Taqa Solutions aims to provide systems that can handle loads from 10 kg up to 50 tons, with the equipment all sourced offshore.

Chicken over rice

Taqa Solutions’ focus on poultry farms, is thanks to a decision taken before Boules even went onto the TV show to sell digesters for chicken waste rather than rice husks.

Boules had been thinking about creating a business based on selling biogas systems since before she graduated from university in June 2013. When she mentioned the idea to Armanious he was quick to turn her away from using rice husks and towards poultry, a sector he knew well from working in his father’s poultry farm equipment business.

Armanious said a business partner had just come out of a bruising experience setting up the Middle East’s first rice husk biogas factory. It “failed terribly” because of problems with machinery, production, and even sales.

Taqa Solutions is currently being self-funded. Boules prefers applying for grants over finding a seed investor to pay for the demonstration digester.

“I don’t need investors, I need someone to buy my idea. I need a customer.”

Struggles

Right now, 10 months after launching the business, Boules and Armanious have still not signed their first contract.

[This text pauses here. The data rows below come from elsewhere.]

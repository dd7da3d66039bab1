//! The public calls that order something: each makes the right to one order, and hands it on.
ghost use Rattle.std.specs.Prelude.{◌≡◌, true};
ghost use Rattle.sd_command.specs.declared.refusal.Refusal.TheVariants.{Einval};
ghost use Rattle.sd_command.specs.declared.reply.Reply.TheVariants as reply;
ghost use Rattle.sd_gate.specs.declared.worker.Worker.TheVariants as its;
ghost use Rattle.sd_shared.specs.Told.{ends_job};
ghost use Rattle.sd_shared.specs.Turns.{AreOutside, Cancels, MakesJob, RelaysJob, TrimsOnce};

mod one_order;

use crate::hold::Hold;
use crate::shared::Shared;
pub(crate) use one_order::OneOrder;
use sd_command::{Refusal, Reply};
use sd_disk::Disk;
use sd_gate::Worker;
use sd_receipts::Folded;
use std::sync::Wait;
use std::thread::Threads;

impl<D: Disk + Drop> Shared<D> {
    /// Cancels the checkpoint that runs or is pending: the seats go on, and the next checkpoint is whole. Returns
    /// `Cancelled` with its number.
    ///
    /// # Errors
    ///
    /// `Idle` where none runs or is pending; `Busy` while a device call of it is out or the gate of its dump may be
    /// open, or an opener runs. Nothing changed: whoever runs it goes on with it.
    pub fn cancel(&self, rt: &impl Wait) -> Reply
        ensures turn { Cancels result }
    {
        self.cancel_once(rt, OneOrder::new())
    }

    /// Trims the journal, as `Core::trim`. It waits for the core's lock alone.
    ///
    /// # Errors
    ///
    /// `Idle` where no checkpoint was acknowledged, or named by a reopening, since the run started or the journal was
    /// trimmed; `NumbersUsed` where over 2^62 entries would have been folded in all; `OutOfMemory` where a growth was
    /// refused. Nothing changed.
    pub fn trim(&self, rt: &impl Wait) -> Result<Folded, Refusal>
        ensures turn { TrimsOnce result }
    {
        self.trim_once(rt, OneOrder::new())
    }

    /// Begins a checkpoint with 0 to 8 rounds before its freeze and makes it, beside the seats, whose commands are
    /// answered but between its freeze and its end. Returns the last reply: `Acked` with its number where it came to
    /// its end. Note that number for `close`.
    ///
    /// # Errors
    ///
    /// The refusal of its beginning, as `Core::begin`: nothing changed. `OutOfMemory` of a step: it stands, and
    /// [`Shared::go_on_dumper`] goes on with it, or [`Shared::cancel`] gives it up. `Device` or `StoreDown` where a
    /// device call failed: next comes [`Shared::run_opener`]. `Idle` where another thread cancelled it meanwhile, or
    /// goes on with it: that one is answered how it ends.
    pub fn run_dumper<R: Wait>(&self, rt: &R, rounds: u64, hold: &impl Hold) -> Reply
        ensures over { ends_job result ≡ true }
        ensures job { MakesJob D.contents its.Dumper rounds result }
    {
        self.run(rt, OneOrder::new(), Worker::Dumper, rounds, hold)
    }

    /// Begins a checkpoint of so many rounds and makes it, beside the seats, as `run_dumper` does. Its writes of data
    /// pages are made by so many writers, 1 to 8, each in a thread of its own, up to eight at once; this thread makes
    /// every other device call, and all of them where no thread can be made. The hold is called before each device call
    /// with its number, counted from 1 in the order in which they were taken up.
    ///
    /// Returns the last reply; or the refusal of an outcome that a writer handed in, where the checkpoint ended by it.
    ///
    /// # Errors
    ///
    /// `Einval` where there are no writers or over 8 of them, and `OutOfMemory` where the writers' channel finds no
    /// memory: nothing was begun. Else as `run_dumper`.
    pub fn run_relay<R: Threads + Wait + Sync, H: Hold + Sync>(
        &self,
        rt: &R,
        rounds: u64,
        writers: usize,
        hold: &H,
    ) -> Reply
    where
        D: Send,
        ensures over { ends_job result ≡ true }
        ensures refused { AreOutside writers → result ≡ reply.Refused Einval }
        ensures job { (AreOutside writers → ⊥) → RelaysJob D.contents rounds result }
    {
        self.run_with_writers(rt, OneOrder::new(), rounds, writers, hold)
    }

    /// Begins a merge of the newest checkpoint's chain and makes it, also beside a checkpoint. Returns the last reply:
    /// `Merged` with the image's serial where it came to its end.
    ///
    /// # Errors
    ///
    /// The refusal of its beginning, as `Core::merge`, `Idle` where there is no checkpoint: nothing changed. Else as
    /// [`Shared::run_dumper`]; [`Shared::go_on_merger`] goes on with it.
    pub fn run_merger<R: Wait>(&self, rt: &R, hold: &impl Hold) -> Reply
        ensures over { ends_job result ≡ true }
        ensures job { MakesJob D.contents its.Merger 0 result }
    {
        self.run(rt, OneOrder::new(), Worker::Merger, 0, hold)
    }

    /// Opens the store, at first or after a device call that failed. Returns the last reply: `Reopened` with the
    /// number of the checkpoint that the store shows, if it shows one. Seats are answered meanwhile, but of a memory
    /// that is frozen.
    ///
    /// # Errors
    ///
    /// `Busy` where the store is open or a device call is out. `Damaged` where the disk holds another store than this
    /// one. Else as [`Shared::run_dumper`]; [`Shared::go_on_opener`] goes on with it.
    pub fn run_opener<R: Wait>(&self, rt: &R, hold: &impl Hold) -> Reply
        ensures over { ends_job result ≡ true }
        ensures job { MakesJob D.contents its.Opener 0 result }
    {
        self.run(rt, OneOrder::new(), Worker::Opener, 0, hold)
    }
}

Boules says they don’t have a demonstration model to show potential clients how it works, and without one she’s finding it hard to convince people the system is not just a “magic machine”.

The smallest size costs around $15,000, which is a financial stretch for the startup, but Armanious intends to install one in a new poultry farm he’s developing in August.


The basics of a biogas digester (Image via Rachel Williamson)

Armanious says electricity subsidies are also a problem. Right now the cost of a biogas system doesn’t stack up against subsidized electricity, but if Egypt’s government follows through on promises of reform from July the investment case for industrial biogas will improve.

The duo are also banking on Egypt’s unreliable power supply. The country is looking at yet another year of rolling blackouts thanks to a shortage of natural gas supply and power stations, despite government attempts to make a dent in the problem.

Poultry farmers can lose tens of thousands of dollars a day when hours-long blackouts strike over summer and shutdown automated cooling systems inside chicken sheds, Armanious said.

Expectations for the future

Both founders expect to have at least one signed customer by the end of the year, and despite the current struggles are buoyed by what they are seeing in China and India.

A trip to India three years ago showed Armanious that it is possible to shift the poultry industry onto using biogas. Meanwhile, Boules has her eye on movements in the Chinese market, where new poultry developments are required to include a biogas system.

“It doesn’t make any sense for the government to provide you gas if you can make it yourself,” she said, adding that in her view it’ll only take two or three customers to normalise biogas as a viable energy source.